REQUIREMENT: Once the line containing "pub struct Head" has been written out, stop; until then, restate each line of the entries below word for word from the first.

EXTRACTED DATA:

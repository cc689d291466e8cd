//! The writer: a frame goes into the caller's buffer byte by byte, without a copy of its body. PROTOCOL 6.1 to 6.7.
ghost use Rattle.std.specs.Prelude.{ℕ, ◌≡◌, ◌+◌, ◌*◌, ◌%◌, ◌^◌, ◌≤◌, List, [], ◌∷◌, length};
ghost use Rattle.std.specs.Prelude.{None, Some, if◌then◌else◌, nat_lt};
ghost use Rattle.base.specs.Stores.{PutAt};
ghost use Rattle.base.specs.Writes.{Writes};
ghost use Rattle.frame.specs.Wire.{stuff, head_of, joined, joined_chunks, frame_limit};
ghost use Rattle.frame.specs.Calls.{framed, write_of, Added, Measured};
ghost use Rattle.base.specs.Sums.{total};

use super::LIMIT;
use base::WriteError;

/// What a frame has beside its payload: PROTOCOL 2.2 to 2.5. Every value may be written.
#[derive(Clone, Copy, Debug, PartialEq, Eq)]
pub struct Head {
    /// The command.
    pub command: u8,
    /// The sequence number, which pairs a reply with its command.
    pub number: u8,
    /// The flags, written with the high byte first.
    pub flags: u16,
}

impl Head {
    // The first bytes of a body whose payload has this size: length, command, sequence number, flags.
    fn bytes(self, size: usize) -> [u8; 6]
        requires { size + 5 ≤ frame_limit }
        ensures { result ≡ head_of size self.command self.number self.flags }
    {
        // `as`, because no size that fits a frame is refused by a u16.
        let [length_high, length_low] = (size as u16 + 5).to_be_bytes();
        let [flags_high, flags_low] = self.flags.to_be_bytes();
        [
            length_high,
            length_low,
            self.command,
            self.number,
            flags_high,
            flags_low,
        ]
    }
}

// The size on the wire of some body bytes, and their sum.
#[derive(Clone, Copy)]
struct Measure {
    count: usize,
    sum: u8,
}

// Bytes of a body: in one slice, in three, or in several, one after another. The writer for C takes one, and no other
// loop is in its archive: where an address is at a computed place, as that of a part is, processors differ.
trait Bytes: Copy {
    ghost bytes: { Self → List ℕ };

    // Their number, where a frame can have so many in its payload.
    fn size(self) -> Option<usize>
        ensures { result ≡ (if nat_lt frame_limit (length (bytes self) + 5)
            then None
            else Some (length (bytes self))) };

    // A measure with these bytes added.
    fn added(self, from: Measure) -> Measure
        requires { from.count + 2 * length (bytes self) ≤ 2 ^ 20 }
        ensures { Added from.count from.sum (bytes self) result.count result.sum };

    // Puts these bytes, stuffed, at a place of the buffer; returns the next place.
    fn put(self, out: &mut [u8], at: usize) -> usize
        requires { at + length (stuff (bytes self)) ≤ length out.old }
        ensures { PutAt out.old at (stuff (bytes self)) result out.new };
}

impl Bytes for &[u8] {
    ghost bytes = { λ slice. slice.now };

    fn size(self) -> Option<usize> {
        if LIMIT - 5 < self.len() {
            None
        } else {
            Some(self.len())
        }
    }

    fn added(self, from: Measure) -> Measure {
        let mut count = from.count;
        let mut sum = from.sum;
        for byte in self {
            count += width(*byte);
            sum = sum.wrapping_add(*byte);
        }
        Measure { count, sum }
    }

    fn put(self, out: &mut [u8], at: usize) -> usize {
        let mut next = at;
        for byte in self {
            next = put_byte(out, next, *byte);
        }
        next
    }
}

impl Bytes for &[&[u8]] {
    ghost bytes = { λ parts. joined parts.now };

    // Many parts may have more bytes than a usize can count.
    fn size(self) -> Option<usize> {
        let mut size = 0;
        for part in self {
            if LIMIT - 5 - size < part.len() {
                return None;
            }
            size += part.len();
        }
        Some(size)
    }

    fn added(self, from: Measure) -> Measure {
        let mut measure = from;
        for part in self {
            measure = part.added(measure);
        }
        measure
    }

    fn put(self, out: &mut [u8], at: usize) -> usize {
        let mut next = at;
        for part in self {
            next = part.put(out, next);
        }
        next
    }
}

// The chunks of a message. In fields, because no array of slices is made for them: docs/STACK.md.
#[derive(Clone, Copy)]
struct Chunks<'a, 'b, 'c> {
    first: &'a [u8],
    second: &'b [u8],
    third: &'c [u8],
}

impl Bytes for Chunks<'_, '_, '_> {
    ghost bytes = { λ chunks. joined_chunks chunks.first.now chunks.second.now chunks.third.now };

    fn size(self) -> Option<usize> {
        let size = self.first.size()? + self.second.size()? + self.third.size()?;
        if LIMIT - 5 < size { None } else { Some(size) }
    }

    fn added(self, from: Measure) -> Measure {
        self.third.added(self.second.added(self.first.added(from)))
    }

    fn put(self, out: &mut [u8], at: usize) -> usize {
        let after_first = self.first.put(out, at);
        let after_second = self.second.put(out, after_first);
        self.third.put(out, after_second)
    }
}

// The size of a body byte on the wire.
fn width(byte: u8) -> usize
    ensures { result ≡ length (stuff (byte ∷ [])) }
{
    if byte == 0xFF { 2 } else { 1 }
}

// The size of a frame on the wire, and its sum.
fn sized<P: Bytes>(head: [u8; 6], payload: P) -> Measure
    requires { length (P.bytes payload) + 5 ≤ frame_limit }
    ensures { Measured head (P.bytes payload) result.count result.sum }
{
    let begun = (&head[..]).added(Measure { count: 2, sum: 0 });
    let Measure { count, sum } = payload.added(begun);
    Measure {
        count: count + width(sum),
        sum,
    }
}

// Puts a body byte, stuffed, at a place of the buffer; returns the next place.
fn put_byte(out: &mut [u8], at: usize, byte: u8) -> usize
    requires { at + length (stuff (byte ∷ [])) ≤ length out.old }
    ensures { PutAt out.old at (stuff (byte ∷ [])) result out.new }
{
    out[at] = byte;
    if byte == 0xFF {
        out[at + 1] = 0x55;
        at + 2
    } else {
        at + 1
    }
}

// Puts a whole frame at the front of a buffer that has room for it; returns its size.
fn put_frame<P: Bytes>(out: &mut [u8], head: [u8; 6], payload: P, sum: u8) -> usize
    requires { length (framed head (P.bytes payload) sum) ≤ length out.old }
    ensures { PutAt out.old 0 (framed head (P.bytes payload) sum) result out.new }
{
    out[0] = 0xFF;
    out[1] = 0xFF;
    let after_head = (&head[..]).put(out, 2);
    let after_payload = payload.put(out, after_head);
    put_byte(out, after_payload, sum)
}

// Writes a frame from a payload in one slice or in several.
fn write_any<P: Bytes>(head: Head, payload: P, out: &mut [u8]) -> Result<usize, WriteError>
    ensures { Writes result out.new
        (write_of frame_limit head.command head.number head.flags (P.bytes payload) out.old) }
{
    let Some(size) = payload.size() else {
        return Err(WriteError::Payload);
    };
    let head = head.bytes(size);
    let measure = sized(head, payload);
    if out.len() < measure.count {
        return Err(WriteError::Room {
            needed: measure.count,
        });
    }
    Ok(put_frame(out, head, payload, measure.sum))
}

/// Writes a frame at the front of the caller's buffer and returns its size, at most 2,054 bytes. Each FF after the
/// header has a 55 behind it. Or refuses, and the buffer is unchanged: PAYLOAD where the payload has more than 1,019
/// bytes; then ROOM, with the size of the frame, where the buffer is smaller than that. PROTOCOL 6.1 to 6.5.
pub fn write(head: Head, payload: &[u8], out: &mut [u8]) -> Result<usize, WriteError>
    ensures { Writes result out.new
        (write_of frame_limit head.command head.number head.flags payload.now out.old) }
{
    write_any(head, payload, out)
}

/// The same with a payload in any number of parts, one after another, which are not copied together: PROTOCOL 6.6.
pub fn write_parts(head: Head, parts: &[&[u8]], out: &mut [u8]) -> Result<usize, WriteError>
    ensures { Writes result out.new
        (write_of frame_limit head.command head.number head.flags (joined parts.now) out.old) }
{
    write_any(head, parts, out)
}

/// The same with a payload in three chunks, of which no array is made.
pub fn write_chunks(
    head: Head,
    first: &[u8],
    second: &[u8],
    third: &[u8],
    out: &mut [u8],
) -> Result<usize, WriteError>
    ensures { Writes result out.new
        (write_of frame_limit head.command head.number head.flags
        (joined_chunks first.now second.now third.now) out.old) }
{
    let chunks = Chunks {
        first,
        second,
        third,
    };
    write_any(head, chunks, out)
}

SOLUTION TO THE EXERCISE:
repository cc689d291466e8cd
//! The writer: a frame goes into the caller's buffer byte by byte, without a copy of its body. PROTOCOL 6.1 to 6.7.
ghost use Rattle.std.specs.Prelude.{ℕ, ◌≡◌, ◌+◌, ◌*◌, ◌%◌, ◌^◌, ◌≤◌, List, [], ◌∷◌, length};
ghost use Rattle.std.specs.Prelude.{None, Some, if◌then◌else◌, nat_lt};
ghost use Rattle.base.specs.Stores.{PutAt};
ghost use Rattle.base.specs.Writes.{Writes};
ghost use Rattle.frame.specs.Wire.{stuff, head_of, joined, joined_chunks, frame_limit};
ghost use Rattle.frame.specs.Calls.{framed, write_of, Added, Measured};
ghost use Rattle.base.specs.Sums.{total};

use super::LIMIT;
use base::WriteError;

/// What a frame has beside its payload: PROTOCOL 2.2 to 2.5. Every value may be written.
#[derive(Clone, Copy, Debug, PartialEq, Eq)]
pub struct Head {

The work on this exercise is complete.